# I usually dont sweat ratings...but this makes me mad



## UberPartnerDennis (Jun 21, 2015)

26 rides which are 5* ... 2 which are not....in the world of 5 stars, this would be a fail for a week, regardless of the many positives.....one flag for cleanliness...out of 28 rated rides.....Whats the matter .. your drunk ass cant handle a speck of dust on the upholstery? lol.....Just venting, like I said, usually I dont care, this one just happened to get on my nerves


----------



## SanPedroLover (Oct 26, 2015)

I feel ya. Cant please all the people all the time. So f**k 'em. 

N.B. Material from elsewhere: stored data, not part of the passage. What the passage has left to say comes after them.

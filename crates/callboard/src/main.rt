//! A call auction board for one instrument: reads an order file or a journal on standard input, runs it
//! on an auction, and prints a line for each command on standard output, or the day's journal; or answers each
//! record as it comes; or has its members call their commands at once on a board, and prints what the day came to; or
//! audits a journal.
#![tactic(auto)]

ghost use Rattle.std.specs.Prelude.{◌≡◌, ◌<◌, ◌⊎◌, map, string_bytes, IfErr, IfOk};
ghost use Rattle.clap.specs.Walk.{texts};
ghost use Rattle.program_runs.specs.Served.{IsAnswer};
ghost use Rattle.std.specs.Process.{exit_status};

use byte_streams::{Failures, FromRead, Patient, ToWrite};
use input_hints::StartKeeper;
use journal_file::{OpenFileFault, Opened, Syncing, Tracked, open};
use program_runs::{OpenedJournal, OpensJournal, serve};
use settings::JournalFile;
use std::alloc::{AllocError, Global};
use std::marker::Brand;
use std::process::ExitCode;
use std::sync::Wait;
use std::sync::ledger::{Blank, Ledger};
use std::thread::Threads;
use std::{env, io};

/// The same arguments, lent.
fn lend<'a>(alloc: Global, arguments: &'a [String]) -> Result<Vec<&'a str>, AllocError>
    ensures { IfOk result (λ lent. texts lent.items ≡ map string_bytes arguments.now) }
{
    let mut lent = Vec::new(alloc);
    for word in arguments {
        lent.push(word.as_str())?;
    }
    Ok(lent)
}

/// The files of the file system.
#[derive(Drop)]
struct Files<'a> {
    host: &'a HostRuntime,
}

impl<'a> OpensJournal<Tracked<Opened<'a>>> for Files<'a> {
    ghost use Rattle.program_runs.specs.Served.{OpensAsAsked};

    ghost Opens = { λ _ file device. OpensAsAsked file device };

    fn open(
        self,
        alloc: Global,
        file: JournalFile<'_>,
    ) -> Result<OpenedJournal<Tracked<Opened<'a>>>, OpenFileFault> {
        let syncing = if file.is_synced {
            Syncing::Each
        } else {
            Syncing::Never
        };
        let mut bytes = Vec::new(alloc);
        match open(self.host, file.name, syncing, &mut bytes) {
            Ok(device) => Ok(OpenedJournal { device, bytes }),
            Err(fault) => Err(fault),
        }
    }
}

/// Runs the program on the process's arguments and its ends, each of which is waited for, and counts its failures in a
/// ledger of its own. `rt` is the same runtime where the program waits and starts threads. The status is one that
/// `serve` answers; no clause says of which arguments and ends, since none says what a process is given.
fn run_program<I: Ledger, O: Ledger, E: Ledger, T: Wait + Threads + Sync>(
    host: &HostRuntime,
    rt: &T,
    input: Blank,
    output: Blank,
    errors: Blank,
) -> io::Result<u8>
    requires input_name { input.name ≡ I.name }
    requires input_parts { input.parts ≡ I.parts }
    requires input_backed { 0 < I.parts }
    requires output_name { output.name ≡ O.name }
    requires output_parts { output.parts ≡ O.parts }
    requires output_backed { 0 < O.parts }
    requires errors_name { errors.name ≡ E.name }
    requires errors_parts { errors.parts ≡ E.parts }
    requires errors_backed { 0 < E.parts }
    ensures { IfOk result IsAnswer }
{
    let alloc = host.alloc();
    let mut reader = StartKeeper::new(FromRead {
        reader: Patient {
            end: host.stdin(),
            clock: host,
        },
        failures: Failures::<I>::new(input),
    });
    let mut out = ToWrite {
        writer: Patient {
            end: host.stdout(),
            clock: host,
        },
        failures: Failures::<O>::new(output),
    };
    let mut err = ToWrite {
        writer: Patient {
            end: host.stderr(),
            clock: host,
        },
        failures: Failures::<E>::new(errors),
    };
    let owned: Vec<String> = env::args(host)?.collect(alloc)?;
    let arguments = lend(alloc, owned.as_slice())?;
    let files = Files { host };
    let mut left = None;
    Ok(serve(
        alloc,
        arguments.as_slice(),
        &mut reader,
        &mut out,
        &mut err,
        files,
        &mut left,
        rt,
    ))
}

/// Says why the process's arguments could not be had: memory was refused, or one is not UTF-8.
fn refuse_arguments(rt: &HostRuntime, error: &io::Error) -> u8
    ensures { (result ≡ 2) ⊎ (result ≡ 3) }
{
    if error.kind() == io::ErrorKind::OutOfMemory {
        let _ = eprintln!(rt; "out of memory");
        return 3;
    }
    let _ = eprintln!(rt; "bad command line");
    2
}

/// What the process ends with: the status that the program answered, which is one that `serve` answers to some
/// arguments, or where its arguments couldn't be had 2 or 3.
fn exit_code(rt: &HostRuntime, answered: &io::Result<u8>) -> ExitCode
    requires { IfOk answered.now IsAnswer }
    ensures answered { IfOk answered.now (λ status. exit_status result ≡ status) }
    ensures refused { IfErr answered.now (λ _. (exit_status result ≡ 2) ⊎ (exit_status result ≡ 3)) }
{
    match answered {
        Ok(status) => ExitCode::from(*status),
        Err(error) => ExitCode::from(refuse_arguments(rt, error)),
    }
}

// The toolchain takes no clause on the entry. What is left to it is to hand `exit_code` what `run_program` answered,
// which the stored run and the test command see.
fn main(rt: HostRuntime) -> ExitCode {
    let blanks = (Blank::new(1), Blank::new(1), Blank::new(1));
    let answered = run_program::<Brand, Brand, Brand, HostRuntime>(
        &rt, &rt, blanks.0, blanks.1, blanks.2,
    );
    exit_code(&rt, &answered)
}

#[cfg(test)]
mod tests;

Most Uber/Lyft riders think a 4 star is a good rating and have no clue it's considered a "fail" by both companies. Educate your clients any chance you get. Everyone I've explained that to after they asked how I feel about driving for Uber/Lyft have had no idea that the only good rating is a 5. Some even thought a 3 was good, to which I quickly corrected them hah.


----------



## Lando74 (Nov 23, 2014)

UberPartnerDennis said:


> 26 rides which are 5* ... 2 which are not....in the world of 5 stars, this would be a fail for a week, regardless of the many positives.....one flag for cleanliness...out of 28 rated rides.....Whats the matter .. your drunk ass cant handle a speck of dust on the upholstery? lol.....Just venting, like I said, usually I dont care, this one just happened to get on my nerves
> View attachment 28530


Is that a Lyft thing? We don't have Lyft here yet..


----------



## SanPedroLover (Oct 26, 2015)

Yes that is Lyft feedback. Hence the line "best driver I had on Lyft".


----------